//! The server that a step file drives: bots, guilds, logs and workers.
ghost use Rattle.std.specs.Prelude.{◌≡◌, ℕ, Some, option_map, OnOk, IfOk, MatchResult, []};
ghost use Rattle.edit_text.specs.declared.line.Line.{Line};
ghost use Rattle.world_law.specs.Inputs.{Input as ModelInput};
ghost use Rattle.collections.specs.ById.{find_id};
ghost use Rattle.edit_text.specs.declared.line.Line.TheVariants as line;
ghost use Rattle.scenario.specs.Server.{Server as ModelServer, follow, has_token, refusal, first_server, opened_id};
ghost use Rattle.scenario.specs.Represents.{Represents, Answers, Plays, PlaysNot, Gives, HasSlots, IsFull, calm_of};
ghost use Rattle.scenario.specs.Transcript.{wish_refusal};

use crate::guild_log::GuildLog;
use crate::lagged::Lagged;
use crate::opened::Opened;
use crate::worker_slot;
use crate::worker_slot::{WorkerSlot, start};
use collections::{ById, Seq, Text};
use edit_apply::Edit;
use edit_text::Line;
use guild_model::Verdict;
use indexmap::IndexMap;
use session_core::Bot;
use snowflake_id::Snowflake;
use std::alloc::{AllocError, Global};
use worker_core::{Input, Output, StepFault};

/// The bots and guilds of the head lines, the logs, the connection numbers that were used, and the
/// workers, which exist from the first step on.
pub struct Server {
    alloc: Global,
    bots: Seq<Bot>,
    guilds: Seq<Snowflake>,
    logs: IndexMap<u64, GuildLog>,
    used: ById<Opened>,
    slots: Vec<WorkerSlot>,
}

impl Drop for Server {
    fn drop(self) {
        let Server {
            alloc: _,
            bots,
            guilds,
            logs,
            used,
            slots,
        } = self;
        drop(bots);
        drop(guilds);
        drop(logs);
        drop(used);
        drop(slots);
    }
}

/// The result of a line: why its edit is refused, if it is, the look, if it lags, and what the worker sends.
pub struct Answer {
    pub refusal: Option<Verdict>,
    pub lagged: Option<Lagged>,
    pub outputs: Vec<Output>,
}

impl Drop for Answer {
    fn drop(self) {
        let Answer {
            refusal,
            lagged,
            outputs,
        } = self;
        drop(refusal);
        drop(lagged);
        drop(outputs);
    }
}

impl Answer {
    // What a worker sends.
    fn sends(outputs: Vec<Output>) -> Answer
        ensures refusal { result.refusal ≡ None }
        ensures lagged { result.lagged ≡ None }
        ensures outputs { result.outputs ≡ outputs }
    {
        Answer {
            refusal: None,
            lagged: None,
            outputs,
        }
    }
}

fn knows(bots: &[Bot], token: &str) -> bool
    ensures { result ≡ has_token token.now bots.now }
{
    bots.iter().any(|bot| bot.token.is(token))
}

impl Server {
    /// Before the first line.
    pub fn new(alloc: Global) -> Server
        ensures { Represents result first_server }
    {
        Server {
            alloc,
            bots: Seq::new(alloc),
            guilds: Seq::new(alloc),
            logs: IndexMap::new(alloc),
            used: ById::new(alloc),
            slots: Vec::new(alloc),
        }
    }

    fn add_bot(&mut self, bot: Bot) -> Result<(), AllocError>
        ensures { OnOk result ((p : ModelServer) (v : ℕ) → Represents self.old p → Plays p (line.Bot bot.token bot.user bot.name bot.privileged v bot.ring_items bot.ring_bytes) self.new []) }
    {
        if !self.slots.is_empty() || knows(self.bots.as_slice(), bot.token.as_str()) {
            return Ok(());
        }
        self.bots.push(bot)
    }

    fn add_guild(&mut self, id: Snowflake) -> Result<(), AllocError>
        ensures { OnOk result ((p : ModelServer) → Represents self.old p → Plays p (line.Guild id) self.new []) }
    {
        if !self.slots.is_empty() || self.logs.contains_key(&id.0) {
            return Ok(());
        }
        drop(self.logs.insert(id.0, GuildLog::new(self.alloc, id))?);
        self.guilds.push(id)
    }

    // Makes the workers, if no step was made yet.
    fn start(&mut self) -> Result<(), AllocError>
        ensures starts { OnOk result ((p : ModelServer) → Represents self.old p → IsFull self.new.slots.items × HasSlots self.new.slots.items p) }
        ensures slots { self.new ≡ record self.old { slots = self.new.slots } }
    {
        start(
            self.alloc,
            &mut self.slots,
            self.bots.as_slice(),
            self.guilds.as_slice(),
        )
    }

    // Adds an edit to the guild's log, and says why it is refused, if it is. An edit of a guild without a
    // head line is not added.
    fn edit(&mut self, guild: Snowflake, edit: Edit) -> Result<Option<Verdict>, AllocError>
        ensures answer { IfOk result (λ answer. (p : ModelServer) → Represents self.old p → answer ≡ refusal p guild edit) }
        ensures plays { OnOk result ((p : ModelServer) → Represents self.old p → Plays p (line.Edit guild edit) self.new []) }
    {
        let Some(log) = self.logs.get_mut(&guild.0) else {
            drop(edit);
            return Ok(Some(Verdict::NotOpen));
        };
        let (bots, guilds) = (self.bots.as_slice(), self.guilds.as_slice());
        let Ok(()) = start(self.alloc, &mut self.slots, bots, guilds) else {
            drop(edit);
            return Err(AllocError);
        };
        log.add(self.alloc, edit)
    }

    /// Adds a wish to the log of its guild at once, and says why it is refused, if it is.
    pub fn follow(&mut self, output: &Output) -> Result<Option<Verdict>, AllocError>
        ensures answer { IfOk result (λ answer. (p : ModelServer) → Represents self.old p → answer ≡ wish_refusal p output.now) }
        ensures follows { OnOk result ((p : ModelServer) → Represents self.old p → Represents self.new (follow p output.now)) }
    {
        match output {
            Output::Wish(guild, wished) => {
                let edit = wished.edit().copy(self.alloc)?;
                self.edit(*guild, edit)
            }
            Output::Send(..) | Output::Close(..) => Ok(None),
        }
    }

    fn look(&mut self, worker: u8, guild: Snowflake) -> Result<Answer, StepFault>
        ensures { (p : ModelServer) → Represents self.old p → MatchResult result (λ a. Answers p (line.Look worker guild) self.new a) (PlaysNot p (line.Look worker guild)) }
    {
        if !self.logs.contains_key(&guild.0) {
            return Ok(Answer::sends(Vec::new(self.alloc)));
        }
        self.start()?;
        let Some(log) = self.logs.get(&guild.0) else {
            return Ok(Answer::sends(Vec::new(self.alloc)));
        };
        let lagged = worker_slot::lag(self.slots.as_slice(), worker, guild, log);
        let outputs = worker_slot::look(self.alloc, &mut self.slots, worker, guild, log)?;
        Ok(Answer {
            refusal: None,
            lagged,
            outputs,
        })
    }

    fn open(&mut self, worker: u8, conn: u32) -> Result<Vec<Output>, StepFault>
        ensures { (p : ModelServer) → Represents self.old p → MatchResult result (λ out. Plays p (line.Open worker conn) self.new out.items) (PlaysNot p (line.Open worker conn)) }
    {
        if self.used.contains(conn as u64) {
            return Ok(Vec::new(self.alloc));
        }
        self.start()?;
        self.used.insert(Opened {
            number: conn,
            worker,
        })?;
        worker_slot::give(self.alloc, &mut self.slots, worker, Input::Open(conn))
    }

    // Passes a worker any input but a look.
    fn give(&mut self, worker: u8, input: Input) -> Result<Vec<Output>, StepFault>
        ensures { (p : ModelServer) (line : Line) (i : ModelInput) → Represents self.old p → calm_of input ≡ Some i → Gives p line worker i
            → MatchResult result (λ out. Plays p line self.new out.items) (PlaysNot p line) }
    {
        self.start()?;
        worker_slot::give(self.alloc, &mut self.slots, worker, input)
    }

    // The worker on which a connection was opened.
    fn worker_of(&self, conn: u32) -> Option<u8>
        ensures { result ≡ option_map (λ o. o.worker) (find_id opened_id conn self.now.used) }
    {
        let opened = self.used.get(conn as u64)?;
        Some(opened.worker)
    }

    fn frame(&mut self, conn: u32, text: Text) -> Result<Vec<Output>, StepFault>
        ensures { (p : ModelServer) → Represents self.old p → MatchResult result (λ out. Plays p (line.Frame conn text) self.new out.items) (PlaysNot p (line.Frame conn text)) }
    {
        let Some(worker) = self.worker_of(conn) else {
            return Ok(Vec::new(self.alloc));
        };
        self.give(worker, Input::Frame(conn, text))
    }

    fn lost(&mut self, conn: u32) -> Result<Vec<Output>, StepFault>
        ensures { (p : ModelServer) → Represents self.old p → MatchResult result (λ out. Plays p (line.Lost conn) self.new out.items) (PlaysNot p (line.Lost conn)) }
    {
        let Some(worker) = self.worker_of(conn) else {
            return Ok(Vec::new(self.alloc));
        };
        self.give(worker, Input::Lost(conn))
    }

    fn closed(&mut self, conn: u32, code: u16) -> Result<Vec<Output>, StepFault>
        ensures { (p : ModelServer) → Represents self.old p → MatchResult result (λ out. Plays p (line.Closed conn code) self.new out.items) (PlaysNot p (line.Closed conn code)) }
    {
        let Some(worker) = self.worker_of(conn) else {
            return Ok(Vec::new(self.alloc));
        };
        self.give(worker, Input::Closed(conn, code))
    }

    fn tick(&mut self, worker: u8, now: u64) -> Result<Vec<Output>, StepFault>
        ensures { (p : ModelServer) → Represents self.old p → MatchResult result (λ out. Plays p (line.Tick worker now) self.new out.items) (PlaysNot p (line.Tick worker now)) }
    {
        self.give(worker, Input::Tick(now))
    }

    /// Runs a line that was read.
    pub fn play(&mut self, line: Line) -> Result<Answer, StepFault>
        ensures { (p : ModelServer) → Represents self.old p → MatchResult result (λ a. Answers p line self.new a) (PlaysNot p line) }
    {
        match line {
            Line::Bot {
                token,
                user,
                name,
                privileged,
                v: _,
                ring_items,
                ring_bytes,
            } => {
                self.add_bot(Bot {
                    token,
                    user,
                    name,
                    privileged,
                    ring_items,
                    ring_bytes,
                })?;
                Ok(Answer::sends(Vec::new(self.alloc)))
            }
            Line::Guild { id } => {
                self.add_guild(id)?;
                Ok(Answer::sends(Vec::new(self.alloc)))
            }
            Line::Edit { guild, edit } => Ok(Answer {
                refusal: self.edit(guild, edit)?,
                lagged: None,
                outputs: Vec::new(self.alloc),
            }),
            Line::Look { worker, guild } => self.look(worker, guild),
            Line::Open { worker, conn } => Ok(Answer::sends(self.open(worker, conn)?)),
            Line::Frame { conn, text } => Ok(Answer::sends(self.frame(conn, text)?)),
            Line::Lost { conn } => Ok(Answer::sends(self.lost(conn)?)),
            Line::Closed { conn, code } => Ok(Answer::sends(self.closed(conn, code)?)),
            Line::Tick { worker, now } => Ok(Answer::sends(self.tick(worker, now)?)),
        }
    }
}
━━━━━━
◆ Problem details ◆
Look above for the line with "use edit_apply::Edit;"; retype exactly that line, every line after it up to the line with "first step on.", and that line too, nothing else.

◆ Task output ◆
use edit_apply::Edit;
use edit_text::Line;
use guild_model::Verdict;
use indexmap::IndexMap;
use session_core::Bot;
use snowflake_id::Snowflake;
use std::alloc::{AllocError, Global};
use worker_core::{Input, Output, StepFault};

/// The bots and guilds of the head lines, the logs, the connection numbers that were used, and the
/// workers, which exist from the first step on.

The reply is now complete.